My employer has recently also been sued by an American company in the
Dusseldorf court for an alleged patent violation, so I can confirm the part of
"erring on the side of the patent holder" from personal experience.

In this case, the dispute was over the production of a chemical substance and
the other party alleged that this stuff simply cannot be produced without
violating their patent. Our company's lawyers and chemists presented a huge
mountain of experimental data and analysis stating a number of alternative
ways to produce the stuff, including the method currently used by our plants
in Asia. The court then took this information and asked the plaintiff "does
this look reasonable to you?" to which they of course answered back "no way!"
and hence essentially won the case. Their final verdict was basically an exact
copy of the plaintiff's statements.

So I don't know about the part of being competent, but this court is basically
issuing default judgements on the behalf of patent holders. Being there
personally for some of the hearings, I also got the impression that certain
lawyers are very well connected to this court, causing them to just wave
certain cases through without too much consideration.

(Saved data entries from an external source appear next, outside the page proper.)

//! Texts on their way to a writer.
ghost use Rattle.std.specs.Prelude.{◌≡◌, ◌<◌, [], true, length, OnOk, OnErr, IfErr};
ghost use Rattle.counted_devices.specs.Sendings.{FailsBy, FailsByDevice, Sends, SendsBut, SendsStart};
ghost use Rattle.counted_devices.specs.Sendings.{batch_limit, pieces_text};

use crate::{CountedWrite, WriteFault};

/// How many bytes wait before they go out together.
const BATCH: usize = 262_144;

/// Writes all of the bytes. A writer that takes none of them has failed, as one that answers an
/// error.
fn write_all<W: CountedWrite>(writer: &mut W, bytes: &[u8]) -> Result<(), WriteFault>
    ensures sent { OnOk result (Sends W.contents writer.old writer.new bytes.now) }
    ensures begun { OnErr result (SendsStart W.contents writer.old writer.new bytes.now) }
    ensures device { IfErr result (FailsByDevice W.failures writer.old writer.new) }
    ensures counted { OnOk result (W.failures writer.new ≡ W.failures writer.old) }
{
    let mut rest = bytes;
    while !rest.is_empty() {
        match writer.write_counted(rest) {
            Ok(count) if count > 0 => rest = &rest[count..],
            _ => return Err(WriteFault::Device),
        }
    }
    Ok(())
}

/// Writes what waits, once it is enough: fewer bytes than that wait afterwards.
pub fn relieve<W: CountedWrite>(batch: &mut Vec<u8>, writer: &mut W) -> Result<(), WriteFault>
    ensures sent { OnOk result
        (SendsBut W.contents writer.old writer.new batch.old.items batch.new.items) }
    ensures few { OnOk result (length batch.new.items < batch_limit) }
    ensures begun { OnErr result (SendsStart W.contents writer.old writer.new batch.old.items) }
    ensures device { IfErr result (FailsBy W.failures writer.old writer.new) }
    ensures counted { OnOk result (W.failures writer.new ≡ W.failures writer.old) }
{
    if batch.len() < BATCH {
        return Ok(());
    }
    write_all(writer, batch.as_slice())?;
    batch.clear();
    Ok(())
}

/// Writes the text, all of it, and flushes the writer: a writer whose flush fails has failed, though it
/// took all of the text.
///
/// What went out is the text or, after a fault, a beginning of it. `Memory` doesn't come.
pub fn write_text<W: CountedWrite>(text: &[u8], writer: &mut W) -> Result<(), WriteFault>
    ensures written { OnOk result (Sends W.contents writer.old writer.new text.now) }
    ensures passed_on { OnOk result (W.is_flushed writer.new ≡ true) }
    ensures begun { OnErr result (SendsStart W.contents writer.old writer.new text.now) }
    ensures device { IfErr result (FailsByDevice W.failures writer.old writer.new) }
    ensures counted { OnOk result (W.failures writer.new ≡ W.failures writer.old) }
{
    write_all(writer, text)?;
    match writer.flush_counted() {
        Ok(()) => Ok(()),
        Err(_) => Err(WriteFault::Device),
    }
}

/// Writes a text that is given in pieces, one after another, all of it, and flushes the writer: a writer
/// whose flush fails has failed, though it took all of the text. It takes no memory.
///
/// What went out is the text or, after a fault, a beginning of it. `Memory` doesn't come.
pub fn write_pieces<W: CountedWrite>(pieces: &[&str], writer: &mut W) -> Result<(), WriteFault>
    ensures written { OnOk result (Sends W.contents writer.old writer.new (pieces_text pieces.now)) }
    ensures passed_on { OnOk result (W.is_flushed writer.new ≡ true) }
    ensures begun { OnErr result (SendsStart W.contents writer.old writer.new (pieces_text pieces.now)) }
    ensures device { IfErr result (FailsByDevice W.failures writer.old writer.new) }
    ensures counted { OnOk result (W.failures writer.new ≡ W.failures writer.old) }
{
    for piece in pieces {
        write_all(writer, piece.as_bytes())?;
    }
    if writer.flush_counted().is_err() {
        return Err(WriteFault::Device);
    }
    Ok(())
}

Our case ended with an out-of-court settlement and I subsequently lost track
of the final outcome but it sure was an eye-opening experience for me just
watching how it's done.

------
tzs
> Patent-holding plaintiffs won 63% of all infringement cases in Dusseldorf
> between 2006 and 2009, according to recent research by the Global IP
> Project, a series of studies initiated by the law firm Finnegan. That’s well
> above the global average of 35%

I'm surprised the global average is so low. I'd expect plaintiffs to win a
significant majority of cases for the simple reason that plaintiffs are the
ones that decide whether or not to sue.